[Exercise directions]: Your answer should consist solely of the lines from the first line of the data through the line with "word past physical memory.", each reproduced exactly.

Records from a dataset
-----
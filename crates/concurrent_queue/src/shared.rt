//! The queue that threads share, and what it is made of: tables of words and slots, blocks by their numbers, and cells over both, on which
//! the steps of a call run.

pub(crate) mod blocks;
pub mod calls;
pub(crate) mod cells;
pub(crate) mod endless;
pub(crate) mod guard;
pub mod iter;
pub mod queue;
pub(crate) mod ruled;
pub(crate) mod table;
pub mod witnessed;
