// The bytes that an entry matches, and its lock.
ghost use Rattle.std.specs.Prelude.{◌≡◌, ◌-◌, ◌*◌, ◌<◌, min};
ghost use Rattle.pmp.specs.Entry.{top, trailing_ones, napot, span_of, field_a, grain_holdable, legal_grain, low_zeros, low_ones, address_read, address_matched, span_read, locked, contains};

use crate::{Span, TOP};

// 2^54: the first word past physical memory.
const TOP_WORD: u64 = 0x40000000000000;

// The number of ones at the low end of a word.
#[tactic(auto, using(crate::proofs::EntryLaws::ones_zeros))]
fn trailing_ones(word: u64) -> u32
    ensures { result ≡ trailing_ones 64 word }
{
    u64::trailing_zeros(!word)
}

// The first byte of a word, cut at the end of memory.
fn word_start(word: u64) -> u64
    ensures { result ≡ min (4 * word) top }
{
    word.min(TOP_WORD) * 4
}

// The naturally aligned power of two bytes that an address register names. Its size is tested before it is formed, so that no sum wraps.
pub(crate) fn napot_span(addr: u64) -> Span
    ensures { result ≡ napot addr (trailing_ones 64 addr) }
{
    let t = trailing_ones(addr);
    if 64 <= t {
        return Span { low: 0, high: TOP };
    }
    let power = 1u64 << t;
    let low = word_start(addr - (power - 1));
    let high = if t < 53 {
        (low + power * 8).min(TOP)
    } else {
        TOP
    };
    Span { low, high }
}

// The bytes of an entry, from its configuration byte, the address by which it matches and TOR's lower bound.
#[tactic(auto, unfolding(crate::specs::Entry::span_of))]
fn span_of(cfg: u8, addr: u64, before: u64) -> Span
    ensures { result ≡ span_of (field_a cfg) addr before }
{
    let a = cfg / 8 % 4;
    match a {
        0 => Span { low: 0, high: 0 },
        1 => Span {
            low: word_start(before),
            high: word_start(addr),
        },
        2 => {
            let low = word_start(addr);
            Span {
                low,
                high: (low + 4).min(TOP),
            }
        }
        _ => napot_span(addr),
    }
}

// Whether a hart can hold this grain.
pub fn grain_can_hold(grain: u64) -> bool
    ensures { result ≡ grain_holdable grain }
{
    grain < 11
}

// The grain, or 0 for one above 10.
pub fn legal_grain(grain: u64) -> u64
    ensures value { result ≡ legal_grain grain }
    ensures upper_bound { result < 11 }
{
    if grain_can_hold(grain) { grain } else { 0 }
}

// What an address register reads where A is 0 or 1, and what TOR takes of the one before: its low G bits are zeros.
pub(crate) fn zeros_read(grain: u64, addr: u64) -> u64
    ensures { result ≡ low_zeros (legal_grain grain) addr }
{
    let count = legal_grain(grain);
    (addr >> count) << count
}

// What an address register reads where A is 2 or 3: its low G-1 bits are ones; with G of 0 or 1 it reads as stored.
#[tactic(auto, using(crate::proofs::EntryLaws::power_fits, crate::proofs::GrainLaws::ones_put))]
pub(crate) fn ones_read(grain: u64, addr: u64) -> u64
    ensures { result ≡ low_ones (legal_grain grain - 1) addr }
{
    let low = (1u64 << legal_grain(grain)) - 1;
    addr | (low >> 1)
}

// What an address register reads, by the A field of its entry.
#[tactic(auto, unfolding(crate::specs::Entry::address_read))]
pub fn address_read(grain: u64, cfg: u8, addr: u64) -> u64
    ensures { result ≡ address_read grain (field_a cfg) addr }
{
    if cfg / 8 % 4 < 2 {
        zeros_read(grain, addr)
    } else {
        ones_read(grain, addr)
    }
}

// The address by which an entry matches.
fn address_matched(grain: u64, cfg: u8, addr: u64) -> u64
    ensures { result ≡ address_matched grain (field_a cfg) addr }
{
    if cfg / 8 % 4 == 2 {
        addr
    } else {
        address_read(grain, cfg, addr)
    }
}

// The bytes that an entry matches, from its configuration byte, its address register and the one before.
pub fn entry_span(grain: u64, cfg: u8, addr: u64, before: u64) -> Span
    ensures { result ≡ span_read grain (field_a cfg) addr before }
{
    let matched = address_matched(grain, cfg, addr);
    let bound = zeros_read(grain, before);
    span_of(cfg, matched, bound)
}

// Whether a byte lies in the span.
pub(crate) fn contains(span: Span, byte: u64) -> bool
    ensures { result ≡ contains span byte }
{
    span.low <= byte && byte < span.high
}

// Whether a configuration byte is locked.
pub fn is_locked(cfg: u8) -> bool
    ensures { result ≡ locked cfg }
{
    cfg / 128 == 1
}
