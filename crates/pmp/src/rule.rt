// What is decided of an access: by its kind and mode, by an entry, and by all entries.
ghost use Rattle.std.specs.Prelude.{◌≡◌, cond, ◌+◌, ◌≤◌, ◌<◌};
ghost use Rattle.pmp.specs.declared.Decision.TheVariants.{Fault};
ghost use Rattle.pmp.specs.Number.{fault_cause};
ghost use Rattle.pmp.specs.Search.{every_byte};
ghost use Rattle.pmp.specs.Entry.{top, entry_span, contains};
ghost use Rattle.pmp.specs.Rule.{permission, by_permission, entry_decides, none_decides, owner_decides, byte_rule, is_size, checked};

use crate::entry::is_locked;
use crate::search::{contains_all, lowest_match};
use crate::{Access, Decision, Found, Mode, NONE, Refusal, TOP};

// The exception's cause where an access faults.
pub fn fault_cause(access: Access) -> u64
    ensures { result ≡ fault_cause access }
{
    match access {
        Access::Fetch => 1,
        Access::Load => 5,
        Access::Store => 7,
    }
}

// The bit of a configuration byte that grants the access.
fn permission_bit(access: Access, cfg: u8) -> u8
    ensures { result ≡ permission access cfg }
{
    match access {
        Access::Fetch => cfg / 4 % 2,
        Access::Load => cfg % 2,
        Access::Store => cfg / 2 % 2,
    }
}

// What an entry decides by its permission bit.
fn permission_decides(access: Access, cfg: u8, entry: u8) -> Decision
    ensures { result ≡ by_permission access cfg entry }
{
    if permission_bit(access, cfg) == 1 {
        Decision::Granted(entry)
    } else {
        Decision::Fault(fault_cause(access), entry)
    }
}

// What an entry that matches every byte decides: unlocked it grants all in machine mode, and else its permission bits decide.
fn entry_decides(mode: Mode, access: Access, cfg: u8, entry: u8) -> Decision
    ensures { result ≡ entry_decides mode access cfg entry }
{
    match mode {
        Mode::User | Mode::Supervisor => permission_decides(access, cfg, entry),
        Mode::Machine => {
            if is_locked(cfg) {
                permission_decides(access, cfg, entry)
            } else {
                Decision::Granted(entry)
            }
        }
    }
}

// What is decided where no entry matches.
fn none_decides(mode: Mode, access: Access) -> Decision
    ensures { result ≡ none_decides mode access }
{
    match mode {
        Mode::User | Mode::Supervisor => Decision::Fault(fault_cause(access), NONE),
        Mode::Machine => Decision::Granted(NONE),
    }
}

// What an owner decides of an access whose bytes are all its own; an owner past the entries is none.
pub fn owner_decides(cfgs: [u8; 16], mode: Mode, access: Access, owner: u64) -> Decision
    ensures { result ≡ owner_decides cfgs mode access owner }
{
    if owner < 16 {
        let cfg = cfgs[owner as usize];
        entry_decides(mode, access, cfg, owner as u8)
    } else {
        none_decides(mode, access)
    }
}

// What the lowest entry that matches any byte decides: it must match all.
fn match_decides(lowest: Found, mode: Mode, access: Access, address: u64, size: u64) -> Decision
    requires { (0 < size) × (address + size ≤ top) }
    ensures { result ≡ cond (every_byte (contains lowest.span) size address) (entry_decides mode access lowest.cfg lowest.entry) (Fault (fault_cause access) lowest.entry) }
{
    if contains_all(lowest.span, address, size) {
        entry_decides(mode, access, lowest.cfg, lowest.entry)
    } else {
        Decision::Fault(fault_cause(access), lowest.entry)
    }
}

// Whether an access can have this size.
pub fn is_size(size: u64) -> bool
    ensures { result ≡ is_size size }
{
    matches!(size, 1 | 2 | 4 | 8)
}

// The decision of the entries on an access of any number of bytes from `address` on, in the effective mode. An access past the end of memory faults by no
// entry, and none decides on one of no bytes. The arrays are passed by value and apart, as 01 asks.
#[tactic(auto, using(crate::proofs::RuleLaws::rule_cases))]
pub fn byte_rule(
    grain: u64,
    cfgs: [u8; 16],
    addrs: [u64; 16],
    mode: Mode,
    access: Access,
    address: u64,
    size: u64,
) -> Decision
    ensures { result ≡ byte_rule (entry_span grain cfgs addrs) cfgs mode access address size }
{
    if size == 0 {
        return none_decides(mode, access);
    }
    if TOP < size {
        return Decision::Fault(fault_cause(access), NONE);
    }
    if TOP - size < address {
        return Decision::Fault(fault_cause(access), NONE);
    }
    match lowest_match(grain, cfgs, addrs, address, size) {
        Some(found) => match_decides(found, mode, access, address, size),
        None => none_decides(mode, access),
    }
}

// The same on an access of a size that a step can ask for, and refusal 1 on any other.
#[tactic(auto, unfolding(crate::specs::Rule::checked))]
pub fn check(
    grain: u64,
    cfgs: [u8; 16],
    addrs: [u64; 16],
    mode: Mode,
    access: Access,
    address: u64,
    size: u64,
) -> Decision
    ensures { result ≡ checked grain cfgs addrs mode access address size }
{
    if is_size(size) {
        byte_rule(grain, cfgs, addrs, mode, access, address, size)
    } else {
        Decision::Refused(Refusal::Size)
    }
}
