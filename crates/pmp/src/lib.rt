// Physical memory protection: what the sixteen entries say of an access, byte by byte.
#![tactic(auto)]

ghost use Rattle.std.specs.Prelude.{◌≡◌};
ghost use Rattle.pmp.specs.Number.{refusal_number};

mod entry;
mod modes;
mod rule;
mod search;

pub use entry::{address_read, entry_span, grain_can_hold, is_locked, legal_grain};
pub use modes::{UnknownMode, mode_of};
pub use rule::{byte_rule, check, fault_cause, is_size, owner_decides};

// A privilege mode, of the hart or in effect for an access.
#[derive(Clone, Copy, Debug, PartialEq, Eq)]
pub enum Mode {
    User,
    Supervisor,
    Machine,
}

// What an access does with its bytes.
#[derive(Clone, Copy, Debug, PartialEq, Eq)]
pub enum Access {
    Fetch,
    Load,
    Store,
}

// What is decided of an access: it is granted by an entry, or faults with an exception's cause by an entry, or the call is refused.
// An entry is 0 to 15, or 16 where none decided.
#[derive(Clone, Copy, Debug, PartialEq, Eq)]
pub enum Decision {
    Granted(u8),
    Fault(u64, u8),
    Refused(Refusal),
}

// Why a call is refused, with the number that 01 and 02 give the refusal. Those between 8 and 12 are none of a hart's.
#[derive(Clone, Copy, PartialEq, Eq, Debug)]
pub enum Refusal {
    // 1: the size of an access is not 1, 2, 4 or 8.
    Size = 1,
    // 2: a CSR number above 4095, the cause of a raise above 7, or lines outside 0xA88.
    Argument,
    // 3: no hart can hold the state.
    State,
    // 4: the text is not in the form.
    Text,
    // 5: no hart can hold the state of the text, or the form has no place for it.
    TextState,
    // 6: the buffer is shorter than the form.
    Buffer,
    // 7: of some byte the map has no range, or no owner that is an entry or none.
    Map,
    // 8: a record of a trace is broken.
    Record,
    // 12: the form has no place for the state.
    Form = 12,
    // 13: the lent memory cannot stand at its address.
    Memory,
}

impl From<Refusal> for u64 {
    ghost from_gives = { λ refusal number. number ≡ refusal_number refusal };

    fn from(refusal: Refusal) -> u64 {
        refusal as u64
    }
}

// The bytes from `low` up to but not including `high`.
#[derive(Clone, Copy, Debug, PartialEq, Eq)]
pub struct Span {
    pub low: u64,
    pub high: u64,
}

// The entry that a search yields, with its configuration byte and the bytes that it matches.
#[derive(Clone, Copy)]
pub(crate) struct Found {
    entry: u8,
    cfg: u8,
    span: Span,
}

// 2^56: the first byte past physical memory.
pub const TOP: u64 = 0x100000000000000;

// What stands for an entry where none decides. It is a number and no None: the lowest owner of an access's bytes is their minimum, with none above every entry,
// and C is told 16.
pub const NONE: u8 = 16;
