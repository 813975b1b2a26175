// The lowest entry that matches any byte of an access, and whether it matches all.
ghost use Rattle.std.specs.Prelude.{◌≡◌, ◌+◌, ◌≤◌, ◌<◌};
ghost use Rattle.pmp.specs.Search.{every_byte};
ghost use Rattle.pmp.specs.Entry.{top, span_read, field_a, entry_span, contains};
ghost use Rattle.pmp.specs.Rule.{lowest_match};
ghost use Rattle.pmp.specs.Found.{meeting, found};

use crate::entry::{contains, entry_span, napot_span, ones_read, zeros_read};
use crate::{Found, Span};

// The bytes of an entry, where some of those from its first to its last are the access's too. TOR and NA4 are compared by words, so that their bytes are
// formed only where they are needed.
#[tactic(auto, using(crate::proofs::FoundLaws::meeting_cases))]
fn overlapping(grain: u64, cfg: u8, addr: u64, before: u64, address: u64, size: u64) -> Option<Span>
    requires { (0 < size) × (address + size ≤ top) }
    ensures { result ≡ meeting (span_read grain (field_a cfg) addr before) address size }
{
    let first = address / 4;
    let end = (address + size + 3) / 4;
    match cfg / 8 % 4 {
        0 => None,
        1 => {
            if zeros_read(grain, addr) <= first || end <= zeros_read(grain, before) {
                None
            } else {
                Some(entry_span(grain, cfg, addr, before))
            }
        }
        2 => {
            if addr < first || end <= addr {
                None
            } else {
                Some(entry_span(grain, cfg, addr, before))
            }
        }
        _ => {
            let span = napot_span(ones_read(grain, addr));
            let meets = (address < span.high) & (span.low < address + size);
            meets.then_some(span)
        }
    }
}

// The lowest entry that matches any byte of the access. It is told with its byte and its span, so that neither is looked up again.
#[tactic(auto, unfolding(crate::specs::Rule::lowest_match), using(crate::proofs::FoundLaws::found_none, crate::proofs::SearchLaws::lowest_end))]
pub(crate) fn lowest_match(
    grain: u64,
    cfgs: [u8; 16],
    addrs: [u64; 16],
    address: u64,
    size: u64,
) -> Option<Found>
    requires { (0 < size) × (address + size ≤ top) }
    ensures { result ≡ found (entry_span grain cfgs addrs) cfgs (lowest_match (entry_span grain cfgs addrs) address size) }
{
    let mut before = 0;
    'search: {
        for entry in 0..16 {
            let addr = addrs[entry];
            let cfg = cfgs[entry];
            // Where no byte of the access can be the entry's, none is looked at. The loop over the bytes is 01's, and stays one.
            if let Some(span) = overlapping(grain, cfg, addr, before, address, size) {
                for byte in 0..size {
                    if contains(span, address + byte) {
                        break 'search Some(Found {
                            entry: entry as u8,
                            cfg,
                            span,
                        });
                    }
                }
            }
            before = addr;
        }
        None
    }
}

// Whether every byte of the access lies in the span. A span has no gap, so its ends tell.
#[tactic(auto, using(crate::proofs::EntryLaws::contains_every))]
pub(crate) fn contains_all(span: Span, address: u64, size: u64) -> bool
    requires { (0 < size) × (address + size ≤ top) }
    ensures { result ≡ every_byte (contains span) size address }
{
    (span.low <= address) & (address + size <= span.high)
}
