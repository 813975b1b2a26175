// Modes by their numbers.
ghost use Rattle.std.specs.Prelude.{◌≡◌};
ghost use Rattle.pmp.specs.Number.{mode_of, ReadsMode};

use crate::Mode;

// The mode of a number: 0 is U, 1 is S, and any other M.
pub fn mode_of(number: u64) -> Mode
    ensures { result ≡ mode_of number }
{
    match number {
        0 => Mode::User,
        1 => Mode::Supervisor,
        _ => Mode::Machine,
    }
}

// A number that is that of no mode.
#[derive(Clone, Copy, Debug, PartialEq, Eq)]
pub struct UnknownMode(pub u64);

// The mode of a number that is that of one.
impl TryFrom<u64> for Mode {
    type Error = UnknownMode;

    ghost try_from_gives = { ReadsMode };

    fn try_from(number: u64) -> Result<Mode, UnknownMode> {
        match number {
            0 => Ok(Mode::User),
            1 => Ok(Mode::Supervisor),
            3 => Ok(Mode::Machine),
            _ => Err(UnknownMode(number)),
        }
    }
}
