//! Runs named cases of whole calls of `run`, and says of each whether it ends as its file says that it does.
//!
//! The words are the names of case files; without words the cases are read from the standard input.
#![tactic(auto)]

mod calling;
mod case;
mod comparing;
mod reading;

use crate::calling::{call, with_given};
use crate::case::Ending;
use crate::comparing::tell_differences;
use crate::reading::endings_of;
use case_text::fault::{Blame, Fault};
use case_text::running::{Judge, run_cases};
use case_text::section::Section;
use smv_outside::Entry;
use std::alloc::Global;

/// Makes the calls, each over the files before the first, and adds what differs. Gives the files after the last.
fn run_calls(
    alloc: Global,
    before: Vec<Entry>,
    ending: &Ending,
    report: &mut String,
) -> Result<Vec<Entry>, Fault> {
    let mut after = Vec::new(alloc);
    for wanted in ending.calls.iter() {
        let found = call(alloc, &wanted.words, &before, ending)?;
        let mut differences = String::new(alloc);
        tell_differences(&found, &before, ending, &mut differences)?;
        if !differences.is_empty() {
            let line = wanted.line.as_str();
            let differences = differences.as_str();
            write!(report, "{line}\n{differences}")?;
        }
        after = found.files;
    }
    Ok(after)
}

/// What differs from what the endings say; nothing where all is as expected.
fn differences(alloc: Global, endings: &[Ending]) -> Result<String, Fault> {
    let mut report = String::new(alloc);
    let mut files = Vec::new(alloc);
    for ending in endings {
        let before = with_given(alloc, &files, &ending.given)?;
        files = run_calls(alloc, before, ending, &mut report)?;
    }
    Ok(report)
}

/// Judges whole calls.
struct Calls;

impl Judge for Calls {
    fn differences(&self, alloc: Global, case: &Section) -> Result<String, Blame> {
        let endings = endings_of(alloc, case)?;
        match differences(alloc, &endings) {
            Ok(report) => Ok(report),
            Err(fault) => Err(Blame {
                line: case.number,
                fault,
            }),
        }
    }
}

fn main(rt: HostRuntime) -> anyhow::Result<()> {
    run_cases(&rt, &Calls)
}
-----
[Result of this task]:
filename crates/concurrent_queue/src/shared.rt
//! The queue that threads share, and what it is made of: tables of words and slots, blocks by their numbers, and cells over both, on which
//! the steps of a call run.

pub(crate) mod blocks;
pub mod calls;
pub(crate) mod cells;
pub(crate) mod endless;
pub(crate) mod guard;
pub mod iter;
pub mod queue;
pub(crate) mod ruled;
pub(crate) mod table;
pub mod witnessed;
// The bytes that an entry matches, and its lock.
ghost use Rattle.std.specs.Prelude.{◌≡◌, ◌-◌, ◌*◌, ◌<◌, min};
ghost use Rattle.pmp.specs.Entry.{top, trailing_ones, napot, span_of, field_a, grain_holdable, legal_grain, low_zeros, low_ones, address_read, address_matched, span_read, locked, contains};

use crate::{Span, TOP};

// 2^54: the first word past physical memory.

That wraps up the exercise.